“好……你动作快些——不,小七,你送她!”
不得不说,别看祝暮泽疯疯癫癫,好在脑袋也偶尔清醒那么一两下,还知道让暗卫带魏晨飞,这样更节省时间。
祝暮泽这话刚说完,魏晨就早有预料般双手抱住脑袋,语速极快地吐出一串话,表示自己还能挣扎下。
“等下——别拽我衣领!药箱!!药箱!!!”
暗七都已经提着魏晨走了两三步了,又被魏晨这撕心裂肺的大喊给拽了回来,被白纱遮住大半的脸上明显露出几分痛苦,实在是魏晨这一嗓子太震耳朵了。
暗七弯腰,单手提起药箱,随后调整姿势把魏晨扛在肩头,朝着祝暮泽颔首一礼便再次匆匆离去。
魏晨:“……”
祝暮泽褪下厚重的外袍给苏忆桃裹上,连着脑袋一同包着,免得得会儿吹了风受了寒,加重病情。
做完这一切,祝暮泽才把迷糊的苏忆桃打横抱起,一脚踩在石凳子上借力一跃,很快就消失在茫茫梅林。
苏忆桃浑身上下都裹着厚厚的衣物,不至于被冷风灌进去冻得直哆嗦,但脸色却没有好转,依旧白到吓人。
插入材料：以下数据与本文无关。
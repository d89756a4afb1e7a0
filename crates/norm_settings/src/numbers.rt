//! Numbers among the words: 1 to 20 decimal digits, leading zeros allowed.
ghost use Rattle.std.specs.Prelude.{◌≡◌};
ghost use Rattle.norm_settings.specs.OptionTable.{number_within as number_that_is_within};

use wire_base::read_number;

/// Parses a number of 1 to 20 decimal digits, from `least` to `greatest`.
pub fn number_within(text: &[u8], least: u64, greatest: u64) -> Option<u64>
    ensures { result ≡ number_that_is_within least greatest text.now }
{
    let number = read_number(text, 20)?;
    if number < u128::from(least) || number > u128::from(greatest) {
        return None;
    }
    Some(number as u64)
}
她紧抿着唇瓣,眉头微皱,仿佛承受着巨大的痛苦。
祝暮泽透过衣物的缝隙看到她这般模样,心里不由得一揪,呼吸都急促了不少,脚步更快了些。
“咳咳……”
别看祝暮泽脚踏冬风,动作轻盈而又迅速,但他走的每一步都十分平稳,躺在他怀里的苏忆桃几乎感觉不到什么不适,渐渐放松下来。
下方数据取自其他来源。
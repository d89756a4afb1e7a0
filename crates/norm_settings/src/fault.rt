//! Faults of a command line.
ghost use Rattle.std.specs.Prelude.{◌≡◌};
ghost use Rattle.norm_settings.specs.RefusalNumbers.{number_of};
ghost use Rattle.norm_settings.specs.declared.fault.WordFault.TheVariants.{NoMemory};

use std::alloc::AllocError;
use thiserror::Error;

/// Reasons why words are not a command. Tested in the order `Refused`, `Same`, `TooMany`, `Prefix`;
/// numbers are from 1 to 5. `NoMemory` (4) is in no line of a report.
#[derive(Clone, Copy, Debug, PartialEq, Eq, Error)]
pub enum WordFault {
    /// Words of a form other than `run OPTION* IN OUT PREFIX+` and `load SEED COUNT`: an option
    /// that is unknown, is given twice, has no value or one that does not fit, or conflicts with
    /// another. Also a name that is empty or begins with `-`, or a seed or count that is not a
    /// number or is out of its range.
    #[error("not the words `run [OPTION..] IN OUT PREFIX..` or `load SEED COUNT`")]
    Refused,
    /// The prefix at this position, counted from 1, is malformed.
    #[error("prefix {0} is faulty")]
    Prefix(u8),
    #[error("more than 16 prefixes")]
    TooMany,
    #[error("no memory for the names")]
    NoMemory,
    #[error("one name for both files")]
    Same,
}

impl WordFault {
    /// Returns the fault's number in the report.
    pub fn number(&self) -> u8
        ensures { result ≡ number_of self.now }
    {
        match self {
            WordFault::Refused => 1,
            WordFault::Prefix(_) => 2,
            WordFault::TooMany => 3,
            WordFault::NoMemory => 4,
            WordFault::Same => 5,
        }
    }
}

impl From<AllocError> for WordFault {
    ghost from_gives = { λ _ fault. fault ≡ NoMemory };

    fn from(_: AllocError) -> WordFault {
        WordFault::NoMemory
    }
}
回到绶安宫的时候,苏忆桃已经再次昏睡过去了,脉象很是微弱,给人一种命不久矣的感觉。
病成这个样子还要拖着身子出去“踏雪寻梅”,魏晨也不知道是该说苏忆桃毅力过人,还是骂她胡闹不知分寸……
虽然心惊胆战,但她习以为常。
苏忆桃身陷困境逃不脱,每当行棋落子时,都是兵行险招,置之死地,甚至没有后生。
既然死亡早已注定,那就能活活,不能活就死。
能做的该做的苏忆桃都已经做完了,剩下的,不过是些细枝末节,精神好了,那就多做一点儿,若实在撑不住,那就算了。
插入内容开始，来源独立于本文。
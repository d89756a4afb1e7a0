//! What a run is asked for: its settings, the side of a packet, and the command line.
//!
//! Proved: `read_words` returns the command that the words form, exactly by the grammar: a run with
//! its names and settings, or a load with its seed and count. Otherwise it returns the first fault
//! in the order 1, 5, 3, 2, with the position of the first malformed prefix, or that memory could
//! not be allocated. The settings returned are in their ranges and go together. The words after
//! `run` are read as a line exactly if they are uses of options and then names (`laws`). Each
//! option is known, given once, in one of its forms and with a value that fits. The parser clap
//! refuses such a line only if memory could not be allocated (`run_matches`). `Choice::row` and
//! `Choice::standard` are the table of options, and no two options have the same name (`laws`).
//! `number_within` returns the number that 1 to 20 digits form, if it is in the range. `side_of`
//! returns the side of a packet by the trusted addresses, also with exchanged sides.
#![tactic(auto)]

pub mod command;
pub mod fault;
mod found;
pub mod laws;
mod line;
mod numbers;
pub mod options;
pub mod parsed;
pub mod settings;
pub mod sides;
pub mod words;

pub use command::{Command, Names};
pub use fault::WordFault;
pub use numbers::number_within;
pub use options::{Choice, Kind, Row};
pub use settings::Settings;
pub use sides::side_of;
pub use words::read_words;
“踏雪寻梅”也确实是踏雪寻梅,苏忆桃是真的想再好好感受一下这个世界的风花雪月。
哪怕,风雪以痛报她,她也要去看一看枝头的梅花。
不知从何时起,梅花已经成了苏忆桃的执念。
执念。
何为执念?
执之不放,念念不忘。
绶安宫寝殿里,放着两盆炭火,莲花灯台上点几十盏烛火,垂着幔帐的床榻边缘围着不少人。
幔帐内,魏晨与玄台分别守在床头床尾,幔帐外,祝暮泽跟徐青烟在徘徊不休。